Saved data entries
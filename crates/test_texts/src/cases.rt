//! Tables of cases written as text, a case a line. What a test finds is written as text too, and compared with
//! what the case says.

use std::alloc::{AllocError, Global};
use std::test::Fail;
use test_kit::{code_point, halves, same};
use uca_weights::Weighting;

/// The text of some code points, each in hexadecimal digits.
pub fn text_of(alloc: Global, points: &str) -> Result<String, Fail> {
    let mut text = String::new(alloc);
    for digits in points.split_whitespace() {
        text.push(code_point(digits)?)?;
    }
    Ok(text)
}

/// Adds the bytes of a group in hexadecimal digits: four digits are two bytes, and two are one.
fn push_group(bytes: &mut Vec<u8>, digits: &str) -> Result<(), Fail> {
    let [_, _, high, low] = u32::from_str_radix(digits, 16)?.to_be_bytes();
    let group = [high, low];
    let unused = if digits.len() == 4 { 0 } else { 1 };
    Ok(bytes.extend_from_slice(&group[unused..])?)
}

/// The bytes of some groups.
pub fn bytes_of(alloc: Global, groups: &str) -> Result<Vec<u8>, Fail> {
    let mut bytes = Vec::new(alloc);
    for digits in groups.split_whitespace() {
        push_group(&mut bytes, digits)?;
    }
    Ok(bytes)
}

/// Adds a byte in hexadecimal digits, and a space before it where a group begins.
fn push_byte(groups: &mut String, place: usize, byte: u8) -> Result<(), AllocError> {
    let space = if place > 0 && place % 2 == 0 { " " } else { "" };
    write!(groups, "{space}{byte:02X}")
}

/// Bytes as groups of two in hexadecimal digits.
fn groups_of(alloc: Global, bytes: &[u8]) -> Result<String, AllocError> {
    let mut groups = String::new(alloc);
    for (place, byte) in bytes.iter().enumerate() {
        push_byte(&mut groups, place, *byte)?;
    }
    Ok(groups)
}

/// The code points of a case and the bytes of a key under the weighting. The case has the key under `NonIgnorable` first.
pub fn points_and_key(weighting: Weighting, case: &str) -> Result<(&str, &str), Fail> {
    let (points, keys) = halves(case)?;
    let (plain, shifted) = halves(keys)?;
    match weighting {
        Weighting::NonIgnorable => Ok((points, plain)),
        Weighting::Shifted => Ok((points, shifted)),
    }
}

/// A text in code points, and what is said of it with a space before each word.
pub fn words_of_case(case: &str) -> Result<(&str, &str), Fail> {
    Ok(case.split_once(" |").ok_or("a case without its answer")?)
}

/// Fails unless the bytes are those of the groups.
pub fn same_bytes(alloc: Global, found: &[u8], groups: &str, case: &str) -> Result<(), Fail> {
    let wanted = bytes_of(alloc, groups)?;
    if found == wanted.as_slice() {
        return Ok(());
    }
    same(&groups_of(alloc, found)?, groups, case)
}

Problem requirements: Exactly reproduce the lines of the data above that run from the line containing "fn groups_of(alloc: Global, bytes: &[u8])" through the final one.

Exercise solution:
fn groups_of(alloc: Global, bytes: &[u8]) -> Result<String, AllocError> {
    let mut groups = String::new(alloc);
    for (place, byte) in bytes.iter().enumerate() {
        push_byte(&mut groups, place, *byte)?;
    }
    Ok(groups)
}

/// The code points of a case and the bytes of a key under the weighting. The case has the key under `NonIgnorable` first.
pub fn points_and_key(weighting: Weighting, case: &str) -> Result<(&str, &str), Fail> {
    let (points, keys) = halves(case)?;
    let (plain, shifted) = halves(keys)?;
    match weighting {
        Weighting::NonIgnorable => Ok((points, plain)),
        Weighting::Shifted => Ok((points, shifted)),
    }
}

/// A text in code points, and what is said of it with a space before each word.
pub fn words_of_case(case: &str) -> Result<(&str, &str), Fail> {
    Ok(case.split_once(" |").ok_or("a case without its answer")?)
}

/// Fails unless the bytes are those of the groups.
pub fn same_bytes(alloc: Global, found: &[u8], groups: &str, case: &str) -> Result<(), Fail> {
    let wanted = bytes_of(alloc, groups)?;
    if found == wanted.as_slice() {
        return Ok(());
    }
    same(&groups_of(alloc, found)?, groups, case)
}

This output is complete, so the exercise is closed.